26 апреля 1996-го выпало на пятницу. Задержанные рассчитывали, что после выходных их отпустят. Но ошиблись. В понедельник на Окрестина привезли судей. Вячеславу Сивчику «за нейкую лухту, якая не адпавядала рэчаіснасці» назначили десять суток ареста. На процессе, который проходил в одной из камер, присутствовали конвоиры. После оглашения оппозиционера тут же заковали в наручники и увезли в прокуратуру. Там следователь сообщил, что Сивчик — подозреваемый по уголовному делу.

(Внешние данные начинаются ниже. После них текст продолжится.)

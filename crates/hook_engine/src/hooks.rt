//! The calls that packets make.

ghost use Rattle.std.specs.Prelude.{◌≡◌, ◌<◌, true, Some};
ghost use Rattle.acct_base.specs.Ranges.{IsHookInRange, IsIfaceInRange};
ghost use Rattle.acct_base.specs.Receipts.{hook_call, iface_matches};
ghost use Rattle.acct_base.specs.Receipts.Call.{Hook, Iface, Allow, Deny};
ghost use Rattle.acct_base.specs.declared.receipt.LineReceipt.TheVariants as line;
ghost use Rattle.hook_engine.specs.Passes.{Called};
ghost use Rattle.hook_engine.specs.Tables.{LoadedFront};
ghost use Rattle.hook_engine.specs.Steps.{IfaceCounted};

use crate::count::{add, count};
use crate::engine::Engine;
use crate::look::{look, look_allow, look_deny};
use crate::pass::Pass;
use acct_base::{
    HookIn, IfaceIn, IfaceReceipt, ListReceipt, Mark, Receipt, Uid, iface_matches, scaled,
};
use total_rows::{TotalSeat, Totals};

// Adds a packet to its interface's total.
#[inline(always)]
fn add_iface(totals: &Totals, seat: &mut TotalSeat, call: &IfaceIn) -> Mark
    requires seat { (seat.old.table ≡ totals.now.table) × (0 < seat.old.left) }
    requires range { IsIfaceInRange call.now }
    requires matches { iface_matches call.now ≡ true }
    ensures { IfaceCounted totals.now call.now seat.old seat.new (record { matched = true; landed = Some result }) }
{
    let (packets, bytes) = scaled(call.len, call.family);
    add(totals, seat, call.iface, call.dir, packets, bytes)
}

// The receipt of an interface program, which adds the packet where it matches.
#[inline(always)]
fn count_iface(totals: &Totals, seat: &mut TotalSeat, call: &IfaceIn) -> IfaceReceipt
    requires seat { (seat.old.table ≡ totals.now.table) × (0 < seat.old.left) }
    requires range { IsIfaceInRange call.now }
    ensures { IfaceCounted totals.now call.now seat.old seat.new result }
{
    let matched = iface_matches(call);
    IfaceReceipt {
        matched,
        landed: if matched {
            Some(add_iface(totals, seat, call))
        } else {
            None
        },
    }
}

impl Engine {
    /// A packet at a hook: `bpf_traffic_account` of netd.c. It loads the published front, reads the cookie's
    /// tag and what owner match looks up, and, where the packet is counted, its uid's counter set. Then it enters
    /// the live phase, makes its charges, and leaves. A packet that is not counted enters nothing.
    ///
    /// It spends one call of the pass, counted or not. It takes no memory, waits for nobody, and cannot fail.
    pub fn hook(&self, pass: &mut Pass, call: &HookIn<'_>) -> Receipt
        requires from { pass.old.tables ≡ self.now.tables }
        requires left { 0 < pass.old.has.left }
        requires range { IsHookInRange (hook_call call.now) }
        ensures called { Called self.now.sizes.calls self.now.sizes pass.old.has (Hook (hook_call call.now)) (line.Hook result) pass.new.has }
        ensures front { LoadedFront pass.old pass.new result.front }
        ensures same { pass.new ≡ record pass.old { has = pass.new.has; loads = pass.new.loads; loaded = pass.new.loaded } }
    {
        let regs = &self.regs;
        let front = regs.front(&mut pass.reader);
        let looked = look(regs, &mut pass.reader, call, front);
        let receipt = count(
            &self.paired,
            &self.apps,
            &mut pass.hook,
            &mut pass.apps,
            call,
            looked,
        );
        pass.left -= 1;
        pass.made += 1;
        receipt
    }

    /// A packet at an interface program: those of netd.c that count by interface. It adds the packet to the
    /// interface's total, but for what the clat daemon sends.
    ///
    /// It spends one call of the pass, counted or not. It takes no memory, waits for nobody, and cannot fail.
    pub fn iface(&self, pass: &mut Pass, call: &IfaceIn) -> IfaceReceipt
        requires from { pass.old.tables ≡ self.now.tables }
        requires left { 0 < pass.old.has.left }
        requires range { IsIfaceInRange call.now }
        ensures called { Called self.now.sizes.calls self.now.sizes pass.old.has (Iface call.now) (line.Iface result) pass.new.has }
        ensures same { pass.new ≡ record pass.old { has = pass.new.has } }
    {
        let receipt = count_iface(&self.ifaces, &mut pass.ifaces, call);
        pass.left -= 1;
        pass.made += 1;
        receipt
    }

    /// The allow list of netd.c. It loads the published front, and reads the uid's entry, unless it matches
    /// without that. It spends no call, takes no memory, waits for nobody, and cannot fail.
    pub fn allow(&self, pass: &mut Pass, sock_uid: Uid, cookie: u64, received: bool) -> ListReceipt
        requires from { pass.old.tables ≡ self.now.tables }
        requires uid { sock_uid < 4294967295 }
        ensures called { Called self.now.sizes.calls self.now.sizes pass.old.has (Allow sock_uid cookie received) (line.List result) pass.new.has }
        ensures front { LoadedFront pass.old pass.new result.front }
        ensures same { pass.new ≡ record pass.old { has = pass.new.has; loads = pass.new.loads; loaded = pass.new.loaded } }
    {
        let front = self.regs.front(&mut pass.reader);
        look_allow(
            &self.regs,
            &mut pass.reader,
            sock_uid,
            cookie,
            received,
            front,
        )
    }

    /// The deny list of netd.c. It loads the published front, and reads the uid's entry. It spends no call, takes
    /// no memory, waits for nobody, and cannot fail.
    pub fn deny(&self, pass: &mut Pass, sock_uid: Uid) -> ListReceipt
        requires from { pass.old.tables ≡ self.now.tables }
        requires uid { sock_uid < 4294967295 }
        ensures called { Called self.now.sizes.calls self.now.sizes pass.old.has (Deny sock_uid) (line.List result) pass.new.has }
        ensures front { LoadedFront pass.old pass.new result.front }
        ensures same { pass.new ≡ record pass.old { has = pass.new.has; loads = pass.new.loads; loaded = pass.new.loaded } }
    {
        let front = self.regs.front(&mut pass.reader);
        look_deny(&self.regs, &mut pass.reader, sock_uid, front)
    }
}
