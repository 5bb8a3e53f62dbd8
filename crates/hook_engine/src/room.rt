//! The room for what is left of an engine.

ghost use Rattle.std.specs.Prelude.{◌≡◌, IfOk};
ghost use Rattle.hook_engine.specs.Ends.{room_for};

use acct_base::Sizes;
use grace_rows::SnapshotRoom;
use reg_words::JournalRoom;
use std::alloc::{AllocError, Global};
use std::marker::Model;
use total_rows::TotalRoom;

/// Room for what is left of an engine when it is closed. It is seen as the lengths of the longest lists that it
/// holds.
#[derive(Drop)]
pub struct CloseRoom {
    pub(crate) snapshot: SnapshotRoom,
    pub(crate) journal: JournalRoom,
    pub(crate) apps: TotalRoom,
    pub(crate) ifaces: TotalRoom,
}

impl Model for CloseRoom {
    ghost use Rattle.hook_engine.specs.Ends.{Room};

    ghost Value = { Room };

    ghost use Rattle.hook_engine.specs.RoomInside.{room_state};

    ghost view = { room_state };
}

impl CloseRoom {
    /// Room for an engine of these sizes. It takes its memory here, so that closing takes none.
    pub fn new(alloc: Global, sizes: &Sizes) -> Result<CloseRoom, AllocError>
        ensures { IfOk result (λ room. room ≡ room_for sizes.now) }
    {
        Ok(CloseRoom {
            snapshot: SnapshotRoom::new(alloc, sizes.rows)?,
            journal: JournalRoom::new(alloc, sizes.regs.writes)?,
            apps: TotalRoom::new(alloc, sizes.apps)?,
            ifaces: TotalRoom::new(alloc, sizes.ifaces)?,
        })
    }
}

— Крымінальную справу завялі супраць усяго кіраўніцтва БНФ. Але ў СІЗА трапілі толькі мы з намеснікам старшыні БНФ Юрыем Хадыкам, светлая яму памяць. Інкрымініравалі нам Дзень Волі і Чарнобыльскі шлях, — вспоминает собеседник. — У Фрунзенскі РАУС адваката да мяне не пусцілі, афіцэры проста вынеслі яе з аддзялення. Адмовілі мне ў абаронцы і падчас суда на Акрэсціна. Не было адваката і ў пракуратуры, бо тады, як і цяпер, ніхто не папярэджваў, куды пераводзяць затрыманага чалавека. Мне вельмі пашанцавала, што ў той дзень у пракуратуру прынёс заяву вядомы мастак Аляксей Марачкін — на акцыі яму рассеклі брыво. Ён убачыў мяне і ўсім перадаў. І пры наступнай спробе допыту са мной ужо прысутнічала адвакат. Але ніякіх паказанняў ні тады, ні ў іншыя разы я не даваў.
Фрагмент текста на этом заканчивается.